■ Prompt: Take the records below and print them verbatim up to and including the line that carries "[signal] if is_named_acc(&net.names, *signal)".

■ Data records:
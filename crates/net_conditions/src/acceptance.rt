//! A network that is an automaton has the one output `Acc`, which a table computes from the state alone.

ghost use Rattle.std.specs.Prelude.{◌≡◌, ◌↔◌, ℕ, Some, [], ◌∷◌, codes, Any, Contains, IsTrue, IfOk};
ghost use Rattle.std.specs.Option.{option_map};
ghost use Rattle.name_table.specs.ScopeVars.{variable_at};
ghost use Rattle.net_model.specs.Conditions.{latch_outputs, IsAutomaton, HasAcceptance};
ghost use Rattle.net_model.specs.Nets.{table_of, net_of};
ghost use Rattle.net_model.specs.SoundNets.{HasKnownSignals};
ghost use Rattle.net_conditions.specs.Accepted.{IsAcceptance};
ghost use Rattle.net_conditions.specs.Marks.{IsSetOf};

use crate::latches::size_of;
use crate::signals::{Signals, latch_output_signals};
use name_table::{Names, VarId};
use net_model::{Net, Table};
use std::alloc::{AllocError, Global};

/// The signal `Acc`, where it is the only output.
pub fn accepting_signal(net: &Net) -> Option<VarId>
    ensures { (signal : ℕ) → (option_map (λ v. v.0) result ≡ Some signal) ↔ IsAutomaton (net_of net.now) signal }
{
    match net.outputs.as_slice() {
        [signal] if is_named_acc(&net.names, *signal) => Some(*signal),
        _ => None,
    }
}

fn is_named_acc(names: &Names, signal: VarId) -> bool
    ensures { IsTrue result ↔ ((variable_at names.now signal.0).name ≡ codes "Acc") }
{
    match names.name(signal) {
        Some(name) => name == b"Acc".as_slice(),
        None => false,
    }
}

/// Whether a signal has two values and is the only output of a table with inputs from this set, the latch outputs.
pub fn has_acceptance(net: &Net, states: &Signals, signal: VarId) -> bool
    requires { IsSetOf states.now (Contains (latch_outputs (net_of net.now))) }
    ensures { IsTrue result ↔ HasAcceptance (net_of net.now) signal.0 }
{
    size_of(&net.names, signal) == 2 && is_computed(&net.tables, states, signal)
}

/// Whether some table computes this signal alone, from signals of the set.
fn is_computed(tables: &[Table], states: &Signals, signal: VarId) -> bool
    ensures { IsTrue result ↔ Any (IsAcceptance states.now signal.0) tables.now }
{
    for table in tables {
        if is_acceptance(table, states, signal) {
            return true;
        }
    }
    false
}

/// Whether the table computes this signal alone, from signals of the set.
fn is_acceptance(table: &Table, states: &Signals, signal: VarId) -> bool
    ensures { IsTrue result ↔ IsAcceptance states.now signal.0 table.now }
{
    is_only_output(table, signal) && states.has_all(&table.ins)
}

fn is_only_output(table: &Table, signal: VarId) -> bool
    ensures { IsTrue result ↔ ((table_of table.now).outs ≡ signal.0 ∷ []) }
{
    match table.outs.as_slice() {
        [output] => *output == signal,
        [] => false,
        [_, _, ..] => false,
    }
}

/// Whether the network has acceptance, where it is an automaton.
pub fn is_acceptance_met(alloc: Global, net: &Net) -> Result<bool, AllocError>
    requires { HasKnownSignals (net_of net.now) }
    ensures { IfOk result (λ good. IsTrue good ↔ ((signal : ℕ) → IsAutomaton (net_of net.now) signal → HasAcceptance (net_of net.now) signal)) }
{
    let Some(signal) = accepting_signal(net) else {
        return Ok(true);
    };
    let states = latch_output_signals(alloc, net)?;
    Ok(has_acceptance(net, &states, signal))
}
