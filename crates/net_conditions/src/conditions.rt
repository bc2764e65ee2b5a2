//! All conditions together.

ghost use Rattle.std.specs.Prelude.{◌≤◌, ◌<◌, ◌↔◌, ℕ, nat_eq, count_by, All, IsTrue, IfOk};
ghost use Rattle.std.specs.List.{flat_map};
ghost use Rattle.net_model.specs.Conditions.{times_driven, uses, MeetsConditions};
ghost use Rattle.net_model.specs.Nets.{net_of};
ghost use Rattle.net_model.specs.SoundNets.{HasKnownSignals};

use crate::acceptance::is_acceptance_met;
use crate::latches::have_equal_sizes;
use crate::resets::are_resets;
use crate::signal_lists;
use crate::signals::{are_distinct, driven_signals};
use net_model::Net;
use std::alloc::{AllocError, Global};

/// Whether the network meets all conditions on its signals, latches and resets.
pub fn meets_conditions(alloc: Global, net: &Net) -> Result<bool, AllocError>
    requires { HasKnownSignals (net_of net.now) }
    ensures { IfOk result (λ good. IsTrue good ↔ MeetsConditions (net_of net.now)) }
{
    if !is_driven_once(alloc, net)? {
        return Ok(false);
    }
    if !are_uses_driven(alloc, net)? {
        return Ok(false);
    }
    if !have_equal_sizes(net) {
        return Ok(false);
    }
    if !is_reset_once(alloc, net)? {
        return Ok(false);
    }
    if !are_resets(alloc, net)? {
        return Ok(false);
    }
    is_acceptance_met(alloc, net)
}

/// Whether no signal is driven twice.
pub fn is_driven_once(alloc: Global, net: &Net) -> Result<bool, AllocError>
    requires { HasKnownSignals (net_of net.now) }
    ensures { IfOk result (λ good. IsTrue good ↔ ((signal : ℕ) → times_driven (net_of net.now) signal ≤ 1)) }
{
    let drives = signal_lists::drives(alloc, net)?;
    are_distinct(alloc, net.names.len(), &drives)
}

/// Whether each signal that is used is driven.
pub fn are_uses_driven(alloc: Global, net: &Net) -> Result<bool, AllocError>
    requires { HasKnownSignals (net_of net.now) }
    ensures { IfOk result (λ good. IsTrue good ↔ All (λ signal. 0 < times_driven (net_of net.now) signal) (uses (net_of net.now))) }
{
    let driven = driven_signals(alloc, net)?;
    let uses = signal_lists::uses(alloc, net)?;
    Ok(driven.has_all(&uses))
}

/// Whether no latch is reset twice.
pub fn is_reset_once(alloc: Global, net: &Net) -> Result<bool, AllocError>
    requires { HasKnownSignals (net_of net.now) }
    ensures { IfOk result (λ good. IsTrue good ↔ ((signal : ℕ) → count_by (nat_eq signal) (flat_map (λ table. table.outs) (net_of net.now).resets) ≤ 1)) }
{
    let outputs = signal_lists::reset_outputs(alloc, net)?;
    are_distinct(alloc, net.names.len(), &outputs)
}
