//! The two signals of a latch have as many values.

ghost use Rattle.std.specs.Prelude.{◌≡◌, ◌↔◌, length, All, IsTrue};
ghost use Rattle.net_model.specs.Nets.{latch_of, net_of};
ghost use Rattle.net_model.specs.Spellings.{domain_at};

use name_table::{Names, VarId};
use net_model::{Latch, Net};

/// How many values a signal has, and 0 where it is unknown.
pub(crate) fn size_of(names: &Names, signal: VarId) -> u32
    ensures { result ≡ length (domain_at names.now signal.0) }
{
    match names.domain(signal) {
        Some(domain) => domain.len(),
        None => 0,
    }
}

/// Whether the two signals of a latch have as many values.
pub fn has_equal_sizes(net: &Net, latch: &Latch) -> bool
    ensures { IsTrue result ↔ (length (domain_at net.now.names latch.now.input.0) ≡ length (domain_at net.now.names latch.now.output.0)) }
{
    size_of(&net.names, latch.input) == size_of(&net.names, latch.output)
}

/// Whether the two signals of each latch have as many values.
pub fn have_equal_sizes(net: &Net) -> bool
    ensures { IsTrue result ↔ All (λ latch. length (domain_at net.now.names latch.input) ≡ length (domain_at net.now.names latch.output)) (net_of net.now).latches }
{
    net.latches.iter().all(|latch| has_equal_sizes(net, latch))
}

■ Final answer:
filename crates/net_conditions/src/acceptance.rt
//! A network that is an automaton has the one output `Acc`, which a table computes from the state alone.

ghost use Rattle.std.specs.Prelude.{◌≡◌, ◌↔◌, ℕ, Some, [], ◌∷◌, codes, Any, Contains, IsTrue, IfOk};
ghost use Rattle.std.specs.Option.{option_map};
ghost use Rattle.name_table.specs.ScopeVars.{variable_at};
ghost use Rattle.net_model.specs.Conditions.{latch_outputs, IsAutomaton, HasAcceptance};
ghost use Rattle.net_model.specs.Nets.{table_of, net_of};
ghost use Rattle.net_model.specs.SoundNets.{HasKnownSignals};
ghost use Rattle.net_conditions.specs.Accepted.{IsAcceptance};
ghost use Rattle.net_conditions.specs.Marks.{IsSetOf};

use crate::latches::size_of;
use crate::signals::{Signals, latch_output_signals};
use name_table::{Names, VarId};
use net_model::{Net, Table};
use std::alloc::{AllocError, Global};

/// The signal `Acc`, where it is the only output.
pub fn accepting_signal(net: &Net) -> Option<VarId>
    ensures { (signal : ℕ) → (option_map (λ v. v.0) result ≡ Some signal) ↔ IsAutomaton (net_of net.now) signal }
{
    match net.outputs.as_slice() {
        [signal] if is_named_acc(&net.names, *signal) => Some(*signal),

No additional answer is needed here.